Wei Zhang, Ph.D., associate professor of civil and environmental engineering, University of Connecticut

Having lived in coastal areas all his life, Wei Zhang understands the power of the ocean. Coastal regions — where more than 50% of Americans live — are experiencing more hazards from hurricanes, winter storms, and flooding than ever before.

“Extreme weather events have resulted in more damage, more frequent storms, and more extreme storms,” Zhang says. “We are experiencing stronger wind, more precipitation, and higher water levels.”

Currently an associate professor in the Department of Civil and Environmental Engineering at the University of Connecticut, Zhang started his career building large bridges and offshore structures, where wind and water stresses can be extreme.  

Coming from a long line of teachers, Zhang says it felt natural to move into a professor role at UConn. He loves working with his students, including graduate students, undergrads, and even high school students — fostering their passion for engineering and preparing for climate change.

His lab at UConn focuses on damage modeling and disaster mitigation, specifically the impacts of extreme weather events on civil infrastructure, to improve the resiliency of Connecticut’s coastal communities.

Zhang recently published a paper in Engineering Structures outlining a new model to predict tsunami damage in Fairfield Beach, Conn. This small coastal town doesn’t get tsunamis, but hurricanes have caused significant damage in recent years.

“Hurricane Irene and Hurricane Sandy created a lot of flooding in Fairfield Beach,” Zhang says. “Many community residents had not had such experiences before and they did not realize such things could happen to them. Without water and power for days, they were not ready for those kinds of extreme events.” 

Zhang’s model uses the age of buildings — considering their building types, construction materials, and methods — to determine how likely they are to fail. The model then incorporates the debris from those buildings into the damage that the storm can do. One falling building can have a landslide effect, creating debris that can impact the stability of other structures. Incorporating community damage from debris increased the failure rate of Fairfield Beach’s buildings by 22%.
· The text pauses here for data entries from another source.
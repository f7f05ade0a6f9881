//! How a program reports a fault.
ghost use Rattle.std.specs.Prelude.{◌≡◌, ◌≤◌, IfOk, MatchResult, OnErr, OnOk, length};
ghost use Rattle.std.specs.Io.KnownBytes.{Appends};
ghost use Rattle.std.specs.Process.{exit_status};
ghost use Rattle.rast_common.specs.Fault.{fault_line, fault_text};
ghost use Rattle.rast_common.specs.Written.{AppendsFront};

use crate::block::Block;
use std::io;
use std::process::ExitCode;

/// Why a program does not show what it was asked for.
#[derive(Clone, Copy, Debug)]
pub enum Fault {
    /// The text is longer than the lexer takes.
    TextTooLong,
    /// There are more tokens than the parser takes.
    TooManyTokens,
    /// The node must begin with a `{`, and the text does not.
    NoBrace,
    /// The node must begin with a `{`, and the parser's input does not.
    NoBraceInInput,
    /// The kind is not a token's, or it is the end's.
    NoToken,
    /// Out of memory: the allocator refused a request.
    NoMemory,
    /// The output refused a write.
    CannotWrite,
}

/// What the line about a fault says behind the program's name.
fn text_of(fault: Fault) -> &'static str
    ensures text { result.now ≡ fault_text fault }
    ensures short { length result.now ≤ 64 }
{
    match fault {
        Fault::TextTooLong => ": text too long\n",
        Fault::TooManyTokens => ": too many tokens\n",
        Fault::NoBrace => ": the text does not begin with `{`\n",
        Fault::NoBraceInInput => ": the input does not begin with `{`\n",
        Fault::NoToken => ": not a token's kind\n",
        Fault::NoMemory => ": no memory\n",
        Fault::CannotWrite => ": cannot write\n",
    }
}

/// The line about a fault, behind the program's name.
fn line_of(name: &str, fault: Fault) -> Block
    requires { length name.now ≤ 64 }
    ensures { result ≡ fault_line name.now fault }
{
    let mut line = Block::new();
    line.add(name.as_bytes());
    line.add(text_of(fault).as_bytes());
    line
}

/// The status of a fault.
const FAULT: u8 = 2;

/// Writes the bytes, all of them or a front of them; a write that was interrupted is tried again. The error is that of
/// the stream, or that it takes no more bytes.
fn write_out<V: io::Write>(out: &mut V, bytes: &[u8]) -> io::Result<()>
    ensures written { OnOk result (Appends (V.contents out.old) (V.contents out.new) bytes.now) }
    ensures broken { OnErr result (AppendsFront (V.contents out.old) (V.contents out.new) bytes.now) }
{
    if bytes.is_empty() {
        return Ok(());
    }
    let mut written = 0;
    'writes: for _ in 0..u64::MAX {
        match out.write(&bytes[written..]) {
            Ok(0) => return Err(io::Error::from(io::ErrorKind::WriteZero)),
            Ok(count) => {
                written += count;
                if written == bytes.len() {
                    return Ok(());
                }
            }
            Err(error) => {
                if error.kind() != io::ErrorKind::Interrupted {
                    return Err(error);
                }
            }
        }
    }
    Err(io::Error::from(io::ErrorKind::Interrupted))
}

/// Writes the message to the error stream, and returns the status of a fault. The error is that of the stream; then a
/// front of the message has been written, which may be empty, and not all of it.
pub fn report<V: io::Write>(err: &mut V, message: &str) -> io::Result<u8>
    ensures status { IfOk result (λ status. status ≡ 2) }
    ensures reported { IfOk result (λ _. Appends (V.contents err.old) (V.contents err.new) message.now) }
    ensures broken { OnErr result (AppendsFront (V.contents err.old) (V.contents err.new) message.now) }
{
    write_out(err, message.as_bytes())?;
    Ok(FAULT)
}

/// Reports a fault in one line behind the program's name, and returns the status of a fault. It allocates no memory.
/// The error is that of the stream; then a front of the line has been written, which may be empty, and not all of it.
#[inline(never)]
pub(crate) fn report_fault<V: io::Write>(name: &str, fault: Fault, err: &mut V) -> io::Result<u8>
    requires { length name.now ≤ 64 }
    ensures status { IfOk result (λ status. status ≡ 2) }
    ensures reported { OnOk result (Appends (V.contents err.old) (V.contents err.new) (fault_line name.now fault)) }
    ensures broken { OnErr result (AppendsFront (V.contents err.old) (V.contents err.new) (fault_line name.now fault)) }
{
    let line = line_of(name, fault);
    write_out(err, line.as_slice())?;
    Ok(FAULT)
}

/// The exit code of a program that returned this status, or whose error stream refused a report.
pub fn exit_code(status: io::Result<u8>) -> ExitCode
    ensures { MatchResult status (λ n. exit_status result ≡ n) (λ _. exit_status result ≡ 2) }
{
    ExitCode::from(status.unwrap_or(FAULT))
}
“The resilience of your home is not just about your home, and also about your neighbors’,” Zhang says. “We’re trying to understand damages not just on the individual building level, but at the community level, how these damages can compound.”

These kinds of models, he says, could be adapted by other communities to assess their vulnerability to extreme weather events, helping communities decide how to invest in resilience and planning.

“We can use this method for other communities if data is available,” Zhang says. “The community can, based on their specific conditions, make their own decisions on how to move forward.”